Step samplers arguments besides vars must be passed by keyword
RaveledVars point_map_info is now a 4-n tuple, with size introduced.
assign_step_method does not call instantiate_steppers, but returns arguments needed for the latter.
Allow passing compile_kwargs to pm.sample which is then forwarded to the step samplers functions

Enhancement

This PR speedups NUTS (and other step samplers), by:

Avoiding many variable unravel and copies, by doing it inside PyTensor
Avoiding copies when setting shared variables (borrow=True)
Setting trust_input=True which can have a large overhead.
Disabling GC collection for the C-backend function (related to Consider disabling PyTensor GC in sampling functions #7539)
Using slots for faster attribute access in the Tree class (and smaller footprint)
Inlining some functions and being more lazy when possible

This PR speedups sample by:

Avoiding way too many pytensor function compilations (model.initial_point() and very silly trace.fn after slicing at the end. It's also silly to compile the same function for every trace. We should just copy it.
Avoid initializing NUTS step sampler just for most of the times then immediately discard it and using the one inside init_nuts. This will also reduce the path towards external samplers with nutpie/numpyro as it avoids the costly and useless compilation of the logp_dlogp_function
Using trust_input and avoiding deepcopies in the trace function by using pytensor.In(borrow=True) and pytensor.Out(borrow=True).

Further speedups should come for free from #7539, specially for the Numba backend.

Benchmark

In the example below, sampling time is now only 7x slower than nutpie (5s vs 0.7s), compared to 13.5x slower (9.45s vs 0.7s) before. This assuming the same number of logp evals, in fact nutpie tuning allows us to get out with half the evals! We can hopefully bring it over.

Full time until from pm.sample to getting a trace is roughly halved as well (7.5s vs 14.4s), although this gain is not proportional to the number of draws.
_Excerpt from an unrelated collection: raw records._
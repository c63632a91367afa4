//! The best chain of grants from an owner to a person, over places: fast on every record, with no
//! heap, and no deeper than eight calls.
#![tactic(auto)]

pub mod links;
mod memory;
mod net;
pub mod plan;
pub mod route;
mod search;
mod walk;

pub use places::without;
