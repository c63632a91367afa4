//! A memory of searches that failed.
ghost use Rattle.std.specs.Prelude.{◌≡◌, ℕ, true, ◌==◌, bit_and};
ghost use Rattle.paths.specs.Steps.{Never};
ghost use Rattle.paths.specs.declared.plan.Plan.{Plan};
ghost use Rattle.paths.specs.Memories.{Failed};

/// A search: from whom, and over which set of places. The person is as wide as the set, so that no byte between them lies
/// idle: a blank memory is then filled with zeros at once, and not written field by field.
#[derive(Clone, Copy)]
pub(crate) struct Search {
    pub person: u128,
    pub allowed: u128,
}

/// The last 32 searches that failed with one number of steps left.
// stays: an array with the place of the oldest, since a full memory forgets it for a newer one.
#[derive(Clone, Copy)]
pub(crate) struct Failures {
    pub noted: [Search; 32],
    pub next: usize,
}

pub(crate) const FRESH: Failures = Failures {
    noted: [Search {
        person: 0,
        allowed: 0,
    }; 32],
    next: 0,
};

/// Whether every place of `set` is one of `whole`.
fn is_within(set: u128, whole: u128) -> bool
    ensures { result ≡ ((bit_and set whole) == set) }
{
    set & whole == set
}

/// Whether a search that failed was from the same person, over these places and perhaps more.
pub(crate) fn is_known(failures: &Failures, search: &Search) -> bool
    ensures { result ≡ true → (n : Plan) (t k : ℕ) → Failed n t k failures.now → Never n t search.now.allowed search.now.person k }
{
    failures.noted.iter().any(|failure| {
        failure.person == search.person && is_within(search.allowed, failure.allowed)
    })
}

/// Notes a search that failed, in the place of the oldest.
pub(crate) fn note(failures: &mut Failures, search: Search)
    ensures { (n : Plan) (t k : ℕ) → Failed n t k failures.old → Never n t search.allowed search.person k → Failed n t k failures.new }
{
    let j = failures.next % 32;
    failures.noted[j] = search;
    failures.next = j + 1;
}
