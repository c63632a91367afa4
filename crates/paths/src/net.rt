//! What one search goes by.
ghost use Rattle.paths.specs.Memories.{Ready};

use crate::plan::Plan;

/// A plan with its target and the places that a search may use, `base`: `last` has the places that
/// lead to the target, and `near[k]` every place after which the target may be `k` steps away.
#[derive(Drop)]
pub(crate) struct Net<'a> {
    pub plan: &'a Plan,
    pub near: [u128; 8],
    pub target: u8,
    pub last: u128,
    pub base: u128,
    ghost ready: { Ready plan.now near target last base },
}
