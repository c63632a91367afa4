//! The search itself: length by length, each length depth-first by rising place.
ghost use Rattle.std.specs.Prelude.{◌≡◌, ◌≤◌, length, MatchBool};
ghost use Rattle.paths.specs.Plans.{Given};
ghost use Rattle.paths.specs.Steps.{First, Never, Shortest};
ghost use Rattle.paths.specs.Memories.{Knows, Inside};

use crate::memory::{FRESH, Failures, Search, is_known, note};
use crate::net::Net;
use crate::route::Route;
use places::{Places, meet};

/// The first way of just `path.len()` steps to the target, into `path`. `from` has the places that
/// the person of the search gave. `memory` has the searches that failed before, one level for each
/// number of steps left.
// stays: path and memory apart, since the path is the answer and is copied out whole, and the memory is not.
pub(crate) fn walk(
    net: &Net,
    search: Search,
    from: u128,
    memory: &mut [Failures],
    path: &mut [u8],
) -> bool
    requires inside { Inside net.now.base search.allowed }
    requires short { length path.old ≤ 8 }
    requires from { Given net.now.plan.now.links search.person from }
    requires levels { length memory.old ≡ length path.old }
    requires knows { Knows net.now.plan.now net.now.target memory.old }
    ensures found { MatchBool result (First net.now.plan.now net.now.target search.allowed search.person path.new) (Never net.now.plan.now net.now.target search.allowed search.person (length path.old)) }
    ensures knows { Knows net.now.plan.now net.now.target memory.new }
{
    if path.len() == 0 {
        return search.person == net.target as u128;
    }
    if meet(search.allowed, net.last) == 0 {
        return false;
    }
    if is_known(&memory[0], &search) {
        return false;
    }
    let places = meet(meet(search.allowed, from), net.near[path.len() - 1]);
    for i in (Places { rest: places }) {
        let step = net.plan.steps[i];
        let narrow = meet(search.allowed, step.keep);
        let rest = Search {
            person: net.plan.links.links[i].taker as u128,
            allowed: narrow,
        };
        if walk(net, rest, step.onward, &mut memory[1..], &mut path[1..]) {
            path[0] = i as u8;
            return true;
        }
    }
    note(&mut memory[0], search);
    false
}

/// The first of the shortest ways of at most `most` steps.
// stays: a loop over the number of steps, which counts no index; each turn has a memory and a path of its own.
pub(crate) fn shortest(net: &Net, search: Search, from: u128, most: usize) -> Option<Route>
    requires most { most ≤ 8 }
    requires inside { Inside net.now.base search.allowed }
    requires from { Given net.now.plan.now.links search.person from }
    ensures { Shortest net.now.plan.now net.now.target search.allowed search.person most result }
{
    for k in 0..most + 1 {
        let mut memory = [FRESH; 8];
        let mut path = [0u8; 8];
        if walk(net, search, from, &mut memory[0..k], &mut path[0..k]) {
            return Some(Route {
                places: path,
                length: k,
            });
        }
    }
    None
}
With compile_kwargs=(mode="NUMBA"), sampling time is only 3x slower (2.3s).

import time
import pymc as pm
import numpy as np
import nutpie
import pandas as pd

# Load the radon dataset
data = pd.read_csv(pm.get_data("radon.csv"))
data["log_radon"] = data["log_radon"].astype(np.float64)
county_idx, counties = pd.factorize(data.county)
coords = {"county": counties, "obs_id": np.arange(len(county_idx))}

# Create a simple hierarchical model for the radon dataset
with pm.Model(coords=coords, check_bounds=False) as model:
    intercept = pm.Normal("intercept", sigma=10)

    # County effects
    raw = pm.ZeroSumNormal("county_raw", dims="county")
    sd = pm.HalfNormal("county_sd")
    county_effect = pm.Deterministic("county_effect", raw * sd, dims="county")

    # Global floor effect
    floor_effect = pm.Normal("floor_effect", sigma=2)
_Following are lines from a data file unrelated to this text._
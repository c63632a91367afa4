//! A plan, and the best chain over it.
ghost use Rattle.std.specs.Prelude.{◌≡◌, ℕ, ◌<◌, min, not, ◌&&◌, ◌==◌, nat_lt, bit_and};
ghost use Rattle.places.specs.Sets.{member};
ghost use Rattle.paths.specs.Chains.{Best, link};
ghost use Rattle.paths.specs.Plans.{Given, Leading, step};
ghost use Rattle.paths.specs.Memories.{Layers};

use crate::links::Links;
use crate::memory::Search;
use crate::net::Net;
use crate::plan::{Plan, Step};
use crate::route::Route;
use crate::walk::shortest;
use places::{meet, select, without};

impl Links {
    /// The places that lead to the person.
    fn to(&self, person: u8) -> u128
        ensures { Leading self.now person result }
    {
        select(&self.links[..self.count], |link| link.taker == person)
    }

    /// The places that are given by the person.
    fn by(&self, person: u8) -> u128
        ensures { Given self.now person result }
    {
        select(&self.links[..self.count], |link| link.giver == person)
    }
}

/// No chain has more than eight grants.
fn limit(most: usize) -> usize
    ensures { result ≡ min most 8 }
{
    most.min(8)
}

impl Plan {
    /// Makes links ready for searches.
    pub fn new(links: Links) -> Plan
        ensures { result.links ≡ links }
    {
        let mut steps = [Step { keep: 0, onward: 0 }; 96];
        for (i, link) in links.links.iter().enumerate() {
            steps[i] = Step {
                keep: without(link.row, links.to(link.taker)),
                onward: links.by(link.taker),
            };
        }
        Plan { links, steps }
    }

    /// The places of `base` that a place of `set` can follow.
    fn before(&self, set: u128, base: u128) -> u128
        ensures { (i : ℕ) → i < 96 → member result i ≡ (not (bit_and (step self.now.steps i).onward set == 0) && member base i) }
    {
        meet(
            select(&self.steps, |step| meet(step.onward, set) != 0),
            base,
        )
    }

    /// For each number of steps below eight, the places of `base` after which the target may be so
    /// many away over places of `base`.
    // stays: a loop over `k`, since each layer is made from the one before it in the same array.
    fn layers(&self, last: u128, base: u128) -> [u128; 8]
        ensures { Layers self.now.steps last base 7 result }
    {
        let mut near = [meet(last, base); 8];
        for k in 0..7usize {
            near[k + 1] = self.before(near[k], base);
        }
        near
    }

    fn net(&self, target: u8, base: u128) -> Net<'_>
        ensures plan { result.plan.now ≡ self.now }
        ensures target { result.target ≡ target }
        ensures base { result.base ≡ base }
    {
        let last = self.links.to(target);
        Net {
            plan: self,
            near: self.layers(last, base),
            target,
            last,
            base,
        }
    }

    /// The best chain from the owner to the target over the allowed places: the one of fewest
    /// grants, then the one with the lower place at the first difference. It has at most `most`
    /// grants, and never more than eight.
    pub fn best(&self, owner: u8, target: u8, allowed: u128, most: usize) -> Option<Route>
        ensures { Best self.now.links owner target allowed (min most 8) result }
    {
        let start = without(allowed, self.links.to(owner));
        let net = self.net(target, start);
        let search = Search {
            person: owner as u128,
            allowed: start,
        };
        shortest(&net, search, self.links.by(owner), limit(most))
    }
}
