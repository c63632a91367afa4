//! The grants that a search goes over, by place.
ghost use Rattle.std.specs.Prelude.{◌≤◌};

/// A grant as a search sees it: who gave, who was given, and the places that it admits behind it,
/// as a set (place `i` is in it if bit `i` is 1).
#[derive(Clone, Copy)]
pub struct Link {
    pub giver: u8,
    pub taker: u8,
    pub row: u128,
}

/// The grants by place. Only the first `count` places are used.
// stays: an array with a count, since a plan lies in fixed memory, without a heap, and is copied whole.
#[derive(Clone, Copy)]
pub struct Links {
    pub links: [Link; 96],
    pub count: usize,
    ghost within: { count ≤ 96 },
}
    # County:floor interaction
    raw = pm.ZeroSumNormal("county_floor_raw", dims="county")
    sd = pm.HalfNormal("county_floor_sd")
    county_floor_effect = pm.Deterministic(
        "county_floor_effect", raw * sd, dims="county"
    )

    mu = (
        intercept
        + county_effect[county_idx]
        + floor_effect * data.floor.values
        + county_floor_effect[county_idx] * data.floor.values
    )

    sigma = pm.HalfNormal("sigma", sigma=1.5)
    pm.Normal(
        "log_radon", mu=mu, sigma=sigma, observed=data.log_radon.values, dims="obs_id"
    )

from pymc.model.transform.optimization import freeze_dims_and_data
model = freeze_dims_and_data(model)

compiled_model = nutpie.compile_pymc_model(model)
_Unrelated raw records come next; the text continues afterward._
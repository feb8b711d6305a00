//! Places in a ring: each names the place used just after it and the place used just before it.
ghost use Rattle.std.specs.Prelude.{◌≡◌, ◌<◌, ℕ, length};
ghost use Rattle.hg_cache.specs.Rings.{key_at, linked, newer_at, older_at, unlinked, with_key, with_newer, with_older, without_key};

/// A place, and the key that has it.
#[derive(Clone, Copy, Drop)]
pub(crate) struct Node {
    pub(crate) key: u64,
    pub(crate) newer: u32,
    pub(crate) older: u32,
    pub(crate) is_used: bool,
}

/// The key in a place.
#[inline(always)]
pub(crate) fn key(nodes: &Vec<Node>, place: u32) -> u64
    requires { place < length nodes.now.items }
    ensures { result ≡ key_at nodes.now.items place }
{
    nodes[place as usize].key
}

/// The place used just after this one.
#[inline(always)]
pub(crate) fn newer(nodes: &Vec<Node>, place: u32) -> u32
    requires { place < length nodes.now.items }
    ensures { result ≡ newer_at nodes.now.items place }
{
    nodes[place as usize].newer
}

/// The place used just before this one.
#[inline(always)]
pub(crate) fn older(nodes: &Vec<Node>, place: u32) -> u32
    requires { place < length nodes.now.items }
    ensures { result ≡ older_at nodes.now.items place }
{
    nodes[place as usize].older
}

#[inline(always)]
fn set_newer(nodes: &mut Vec<Node>, place: u32, newer: u32)
    requires { place < length nodes.old.items }
    ensures { nodes.new.items ≡ with_newer nodes.old.items place newer }
{
    nodes[place as usize].newer = newer;
}

#[inline(always)]
fn set_older(nodes: &mut Vec<Node>, place: u32, older: u32)
    requires { place < length nodes.old.items }
    ensures { nodes.new.items ≡ with_older nodes.old.items place older }
{
    nodes[place as usize].older = older;
}

/// Gives a place a key.
pub(crate) fn set_key(nodes: &mut Vec<Node>, place: u32, key: u64)
    requires { place < length nodes.old.items }
    ensures { nodes.new.items ≡ with_key nodes.old.items place key }
{
    let Node { newer, older, .. } = nodes[place as usize];
    nodes[place as usize] = Node {
        key,
        newer,
        older,
        is_used: true,
    };
}

/// Removes the key of a place.
pub(crate) fn clear_key(nodes: &mut Vec<Node>, place: u32)
    requires { place < length nodes.old.items }
    ensures { nodes.new.items ≡ without_key nodes.old.items place }
{
    nodes[place as usize].is_used = false;
}

/// Takes a place out of the ring.
#[inline(always)]
pub(crate) fn unlink(nodes: &mut Vec<Node>, place: u32)
    requires place { place < length nodes.old.items }
    requires newer { newer_at nodes.old.items place < length nodes.old.items }
    requires older { older_at nodes.old.items place < length nodes.old.items }
    ensures { nodes.new.items ≡ unlinked nodes.old.items place }
{
    let newer = newer(nodes, place);
    let older = older(nodes, place);
    set_older(nodes, newer, older);
    set_newer(nodes, older, newer);
}

/// Puts a place behind the one that closes the ring.
#[inline(always)]
pub(crate) fn link(nodes: &mut Vec<Node>, end: u32, place: u32)
    requires place { place < length nodes.old.items }
    requires end { end < length nodes.old.items }
    requires first { older_at nodes.old.items end < length nodes.old.items }
    ensures { nodes.new.items ≡ linked nodes.old.items end place }
{
    let first = older(nodes, end);
    set_newer(nodes, place, end);
    set_older(nodes, place, first);
    set_newer(nodes, first, place);
    set_older(nodes, end, place);
}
start = time.perf_counter()
# More draws to make up for the fact that nutpie tunes better
trace_pymc = nutpie.sample(compiled_model, chains=1, tune=500, draws=1500, progress_bar=False)
end = time.perf_counter()
print(end - start)

idata = pm.sample(
    model=model, 
    chains=1,
    tune=500, 
    draws=500, 
    progressbar=False, 
    compute_convergence_checks=False, 
    return_inferencedata=False,
    # compile_kwargs=dict(mode="NUMBA")
)
print(idata._report.t_sampling)

📚 Documentation preview 📚: https://pymc--7578.org.readthedocs.build/en/7578/

pymc/model/core.py

ricardoV94 · 2024-11-24T10:33:18Z

10 minutes seem to be saved in pytest CI time compared to previous runs

pymc/blocking.py

codecov · 2024-11-26T00:05:43Z

Codecov Report

Attention: Patch coverage is 94.28571% with 14 lines in your changes missing coverage. Please review.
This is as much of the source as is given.